VR, AR, wearables and good residence know-how are mainstream at the moment, analysis says


Enlarge / The VR and AR categories are expected to grow the fastest. It wasn’t long ago that virtual reality (VR) and augmented reality (AR) headsets, smartwatches, and voice-controlled houses were the fantasies of books and films. Today, VR, AR, wearables and smart home technology have passed the early adoption phase and are all staples of the “mass market,” according to a study published today by the International Data Corporation (IDC). The global research firm predicted that the combined market will hit $ 369.6 billion by the end of 2021 and grow to $ 524.9 billion in 2025.

IDC expects AR and VR combined to show the strongest growth of the three categories, thanks to both corporate and residential customers. The latter is particularly interested in “robust gaming solutions”, according to IDC. Businesses make the bulk of AR spending today, but IDC expects the market for AR headsets for the general public will grow. It forecast an average annual growth rate of 67.9 percent from 2020 to 2025 for AR and VR combined, which is more than ten times that of its closest competitor, Smart Home Tech (10.1 percent growth rate).IDC expects smart home technology to have the highest market value. Enlarge / IDC expects smart home technology to have the highest market value.

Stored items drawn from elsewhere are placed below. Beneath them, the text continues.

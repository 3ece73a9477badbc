//! Where an actor stands, told to whoever watches: for tests that need two actors to meet, and for progress shown.

/// The number of a Fetch, as `Spot::Made` tells an entry's kind.
pub const MADE_FETCH: u32 = 1;

/// The number of a Load.
pub const MADE_LOAD: u32 = 2;

/// The number of a Store.
pub const MADE_STORE: u32 = 3;

/// The number of a Start.
pub const MADE_START: u32 = 4;

/// The number of a Copy.
pub const MADE_COPY: u32 = 5;

/// The number of an End.
pub const MADE_END: u32 = 6;

/// The number of a Tick.
pub const MADE_TICK: u32 = 7;

/// The number of a Release.
pub const MADE_RELEASE: u32 = 8;

/// What an actor has just done, or is about to do.
#[derive(Clone, Copy, Debug, PartialEq, Eq)]
pub enum Spot {
    /// It has made its entry of the kind with this number, `MADE_FETCH` to `MADE_RELEASE`, at this place of the
    /// history, counted from 1.
    Made { kind: u32, place: u64 },
    /// Its store was answered that the block is locked, after this many entries.
    Waits { place: u64 },
    /// It is about to hash its copy of this block, numbered from the first of memory.
    Hashing { block: u32 },
}

/// Somebody who is told where each actor stands. It is called while the actor holds no lock, so it may wait for
/// another actor. No contract says anything of a gate.
pub trait Gate {
    /// The actor stands here: 0 is the measurer, 1 to 8 are applications.
    fn at(&self, actor: u32, spot: Spot);
}

/// A gate that does nothing.
#[derive(Clone, Copy, Debug, PartialEq, Eq)]
pub struct NoGate;

impl Gate for NoGate {
    fn at(&self, _actor: u32, _spot: Spot) {}
}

However, smart home technology will be the most valuable market with a forecast value of over $ 400.3 billion in 2025. The biggest sellers are reportedly to be smart TVs, streaming players and other “connected entertainment devices”, which are projected to represent $ 229 billion in 2025.

According to Adam Wright, senior research analyst on IDC’s Smart Home and Office Devices team, smart home and office technologies are driven more by services than hardware features and reliability.

The breadth, depth, uniqueness and quality of records will increasingly determine the value potential of a smart home provider, and as device margins come under pressure, the role of devices in service delivery will largely be left to vehicles, “Wright said in a statement on the today’s announcement.

Earwear and smartwatches are expected to be the drivers of the wearables market during these five years. IDC expects the wearables space to have the slowest growth rate among the three categories, although it will be rated higher than the AR and VR markets in both 2021 and 2025.